Arcadia – A review

Entertainment

The detritus on a table slowly builds up, the focal point of one of the cleverest plays ever written. A young child (Thomasina, played by Tallulah Vaughan) ponders on the nature of entropy, on life and atoms, all through the metaphor of rice pudding. “You cannot stir things apart” she says, with the kind of clever whimsical and yet sharp humour that Stoppard strews throughout Arcadia.

Arcadia is Stoppard’s best known work, and one that has a reputation of being an Everest-like task for any production company. The lines are fast, characters poignant and the plot thickens so rapidly that were it any other play you might find yourself bewildered, inception-like meta twists running through the play such that even the directors, when this previewer caught up with them admitted that they were still finding new nuances in the script despite having been working with the cast for over two terms, and probably thinking on it for far longer.

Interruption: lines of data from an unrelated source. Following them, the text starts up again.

//! What is in scope, and how it is called in the model.

use crate::text::put;
use crate::texts::Texts;
use occ_syntax::{Kind, Memory, Name, push_number};

/// A variable or a channel, with its number in the model.
#[derive(Clone, Copy)]
pub(crate) struct Entry {
    pub(crate) name: Name,
    pub(crate) kind: Kind,
    pub(crate) number: u64,
}

/// What is in scope, the innermost last.
#[derive(Drop)]
pub(crate) struct Scope {
    pub(crate) texts: Texts,
    pub(crate) entries: Vec<Entry>,
}

impl Scope {
    /// What a name stands for.
    pub(crate) fn find(&self, name: Name) -> Option<Entry> {
        for entry in self.entries.as_slice() {
            if entry.name == name {
                return Some(*entry);
            }
        }
        None
    }

    /// How many bits a variable has.
    pub(crate) fn bits(&self, name: Name) -> u8 {
        match self.find(name) {
            Some(entry) => entry.kind.bits(),
            None => 1,
        }
    }

    /// Adds what the model calls the variable or the channel of a name: a letter, its number, and its own name, in which a dot and an
    /// opening bracket are a line below, and a closing one is left out.
    pub(crate) fn put_name(&self, text: &mut Vec<u8>, name: Name) -> Result<(), Memory> {
        match self.find(name) {
            Some(entry) => self.put_entry(text, entry),
            None => put(text, b"none"),
        }
    }

    pub(crate) fn put_entry(&self, text: &mut Vec<u8>, entry: Entry) -> Result<(), Memory> {
        put(text, letter(entry.kind))?;
        push_number(text, entry.number)?;
        put(text, b"_")?;
        for character in self.texts.get(entry.name) {
            put_character(text, *character)?;
        }
        Ok(())
    }
}

fn letter(kind: Kind) -> &'static [u8] {
    match kind {
        Kind::Var(_) => b"v",
        Kind::Chan(_, _) => b"c",
    }
}

fn put_character(text: &mut Vec<u8>, character: u8) -> Result<(), Memory> {
    match character {
        b'.' | b'[' => put(text, b"_"),
        b']' => Ok(()),
        character => Ok(text.push(character)?),
    }
}
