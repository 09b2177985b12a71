//! The rows of the commands.
use crate::files::{Entry, Given};
use crate::hello::HELLO;
use test_rows::elf::{CUT_UNIT, UNIT, VERSION_3};

pub const FRONT: &[u8] = b"MODULE Linux x86_64 030201000504070608090A0B0C0D0E0F0 a.out\n\
    INFO CODE_ID 000102030405060708090A0B0C0D0E0F10111213\n";

pub const MAIN: &[u8] = b"PUBLIC 1000 0 main\n";

pub const USAGE: &[u8] =
    b"usage: dumpsyms dump ELF, check SYM, lookup SYM ADDR, frame SYM ADDR STATE, sample N, walk SYM STATE, judge ELF SYM, names SYM, dump --full ELF, stacks CORE STORE\n";

pub const TABLE: &[u8] = b"refused elf section-table\n";

pub const UNREAD: &[u8] = b"cannot read input\n";

pub const NOT_ELF: &[u8] = b"refused elf not-elf\n";

pub type Words = &'static [&'static str];

pub const OTHER: Words = &["dump", "other"];

pub const DUMP: Words = &["dump", "d/a.out"];

pub const BY_TWO: Words = &["dump", "d/a.out", "--workers", "2"];

/// A dump by any number of workers.
pub const DUMPS: &[Words] = &[
    DUMP,
    &["dump", "d/a.out", "--workers", "1"],
    BY_TWO,
    &["dump", "d/a.out", "--workers", "8"],
    &["dump", "d/a.out", "--workers", "64"],
];

pub const CHECK: Words = &["check", "d/a.out"];

pub const SHOW: Words = &["names", "d/a.out"];

pub const LOOKUP: Words = &["lookup", "d/a.out", "1005"];

pub const FRAME: Words = &["frame", "d/a.out", "1001", "d/state"];

pub const WALK: Words = &["walk", "d/a.out", "d/stack"];

/// A function `f` and its caller `g`; no rule gives the return address of `g`.
const CALLED: &[u8] = b"MODULE Linux x86_64 0 a\nFUNC 1000 20 0 f\nFUNC 2000 10 0 g\n\
    STACK CFI INIT 1000 20 .cfa: $rsp 8 + .ra: .cfa -8 + ^\nSTACK CFI INIT 2000 10 .cfa: $rsp 8 +\n";

/// A state in `f`, as the file `d/stack`.
pub const STACK: &[u8] = b"REG rip 1005\nREG rsp 7000\nMEM 7000 0520000000000000\n";

/// The frame records of a function that pushes rbp, spelled in another way, as the file `d/text`.
pub const TEXT: &[u8] = b"MODULE Linux x86_64 0 a\n\
    STACK CFI INIT 1000 20 .cfa: 8 $rsp + .ra: .cfa 8 - ^\n\
    STACK CFI 1001 .cfa: 16 $rsp + $rbp: .cfa 16 - ^\n\
    STACK CFI 1004 .cfa: $rbp 16 +\n\
    STACK CFI 100e .cfa: $rsp 8 +\n";

/// Two functions that overlap, and two that do not.
const MEETING: &[u8] = b"MODULE Linux x86_64 0 a\nFUNC 1000 10 0 f\nFUNC 1008 10 0 g\n";

const APART: &[u8] = b"MODULE Linux x86_64 0 a\nFUNC 1000 10 0 f\nFUNC 1010 10 0 g\n";

const MEETS: &[u8] = b"C5 record 3\n";

/// A function with an inlined copy in it.
pub const INLINED: &[u8] = b"MODULE Linux x86_64 0 a\nFILE 0 /s/a.c\nINLINE_ORIGIN 0 g\n\
    FUNC 1000 20 0 _Z1fv\nINLINE 0 4 0 0 1004 8\n1000 4 3 0\n1004 8 9 0\n100c 14 4 0\n";

/// The same with another file number, as the symbol file `d/seven`.
pub const SEVEN: &[u8] = b"MODULE Linux x86_64 0 a\nFILE 7 /s/a.c\nINLINE_ORIGIN 0 g\n\
    FUNC 1000 20 0 _Z1fv\nINLINE 0 4 7 0 1004 8\n1000 4 3 7\n1004 8 9 7\n100c 14 4 7\n";

/// The entries of that function, and their records.
const COPY: &[Entry] = &[
    (4, b"_Z1fv\0", 0x1000, 0x20, b""),
    (3, b"g\0", 0x1004, 8, b"\x01\x04\0"),
];

pub const COPY_RECORDS: &[u8] = b"FILE 0 /s/a.c\nINLINE_ORIGIN 0 g\n\
    FUNC 1000 20 0 _Z1fv\nINLINE 0 4 0 0 1004 8\n1000 4 3 0\n1004 8 9 0\n100c 14 4 0\n";

/// A function and a symbol with Rust's legacy mangling, and how their names are shown.
const MANGLED: &[u8] = b"MODULE Linux x86_64 0 a\nFUNC 1000 20 0 _ZN1a1b17h0123456789abcdefE\n\
    PUBLIC 2000 0 _ZN10_$LT$T$GT$1f17h0123456789abcdefE\n";

const SHOWN: &[u8] = b"MODULE Linux x86_64 0 a\nFUNC 1000 20 0 a::b\nPUBLIC 2000 0 <T>::f\n";

/// The frame records of a function that pushes rbp, uses it as the base of its frame, and returns.
pub const PUSHED: &[u8] = b"MODULE Linux x86_64 0 a\n\
    STACK CFI INIT 1000 20 .cfa: $rsp 8 + .ra: .cfa -8 + ^\n\
    STACK CFI 1001 .cfa: $rsp 16 + $rbp: .cfa -16 + ^\n\
    STACK CFI 1004 .cfa: $rbp 16 +\n\
    STACK CFI 100e .cfa: $rsp 8 +\n";

/// The state after the push, as the file `d/state`.
pub const STATE: &[u8] = b"REG rsp 7ffe0010\nMEM 7ffe0010 4000fe7f000000003412400000000000\n";

/// The values of the rules in that state.
pub const VALUES: &[u8] = b"cfa 7ffe0020\nra 401234\nrax undefined\nrdx undefined\nrcx undefined\n\
    rbx failed missing rbx\nrsi undefined\nrdi undefined\nrbp 7ffe0040\nrsp 7ffe0020\nr8 undefined\n\
    r9 undefined\nr10 undefined\nr11 undefined\nr12 failed missing r12\nr13 failed missing r13\n\
    r14 failed missing r14\nr15 failed missing r15\n";

/// The values before the push, those where rbp is the base, and those after the last change.
const AT_ENTRY: &[u8] = b"cfa 7ffe0018\nra 7ffe0040\nrax undefined\nrdx undefined\nrcx undefined\n\
    rbx failed missing rbx\nrsi undefined\nrdi undefined\nrbp failed missing rbp\nrsp 7ffe0018\n\
    r8 undefined\nr9 undefined\nr10 undefined\nr11 undefined\nr12 failed missing r12\n\
    r13 failed missing r13\nr14 failed missing r14\nr15 failed missing r15\n";
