// What the boards rely on, stated over the public calls and proved (proofs/). No code.
#![tactic(auto)]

With all that being said, one of the key complaints about Stoppard’s play is that it is too clever, too fast-paced for many audiences to fully grasp. Putting it in front of an Oxford audience then will be an interesting challenge; discerning viewers that we are I will find it most intriguing to see what the popular reception of this play is.

The preview for this play consisted of two opening scenes, one set in the Arcadia of 1809, with characters played to full Victorian-esque grandiosement. The bumbling Mr Chater, played with plummy rich-vowelled aplomb by Fred Wienand was highly amusing when cast in contrast with the pithier Septimus (Rory Grant), who was quite certainly in my eyes the most intricately developed acting performance of the 1809 cast. It is clear that the cast have spent a long time rehearsing together; I couldn’t fault the comedic delivery of any lines within the production, the scene about garden construction being particularly amusing. Thomasina leaves us with witticisms that contain a note of melancholy, perhaps hinting to later developments in the plot. She asks at what point ‘How is a ruined child different to a ruined castle?’ The adults are all stumped. One note I would have for the performers of the 1809 scene is to not fall too far into the well-bred lushness or screechily-clipped vowels of their characters; whilst undoubtedly amusing, there is both the issue of sound in the acoustically odd space of the O’Reilly to consider and additionally the issue with the tone and timbre of the modern piece that should be considered.

It is, of course, very difficult to pull off a switch between different time zones, different personality types and allow enough similarity that the audience doesn’t feel entirely displaced in watching the play as a continuous whole whilst also allowing for the obvious necessity to contrast the then from the now. Whilst I’m sure in the actual production this will flow seamlessly from scene to scene I must admit that I was at first taken aback by the change in pace between the 1809 setting and the modern setting. Whilst I am sympathetic to the need to establish difference, nonetheless I do believe it is important to not think that as we begin the second scene we are watching a different play entirely.

However, the pacing and comedic elements of the more slow-burn modern scene soon began to shine through, and really come into their own. The interaction between the rambunctiously puppy-like and yet mildly patronising Nightingale (Oliver Skan) and Hannah (Imo Reeve-Tucker), the apathetic, droll resident academic was very entertaining to watch, played off with a keen sense of modern British awkwardness. There were some small issues with the script but once again I have no doubt that come opening night these issues will be resolved.

In sitting down with the directors after the preview I had to sit back for a moment and admire the two director’s passions and strength of belief bordering on religious fervour about Arcadia. It is undoubtedly a labour of love, and that love shone through in their answers to my question, and the evident care and respect with which they have treated both the script and this production. When questioned about how well they understood the play, a glance was exchanged and one said ‘ I think that if we haven’t understood it by now, it’s because Stoppard wanted ambiguity’; given that they dryly began by saying ‘Has anyone ever read this play as many times as we have? I doubt it’ I am inclined to agree with their interpretation. It is clear that from their notions on how to portray entropy to their inspiration as to how to add more clarity to the confused chronology of the play they have thought of nearly everything. Such a thoughtful and thought-provoking play is always worth a watch, and given that what I saw of it was shaping up to be one of the best productions in Oxford this year, there really is no excuse to not go and see Arcadia.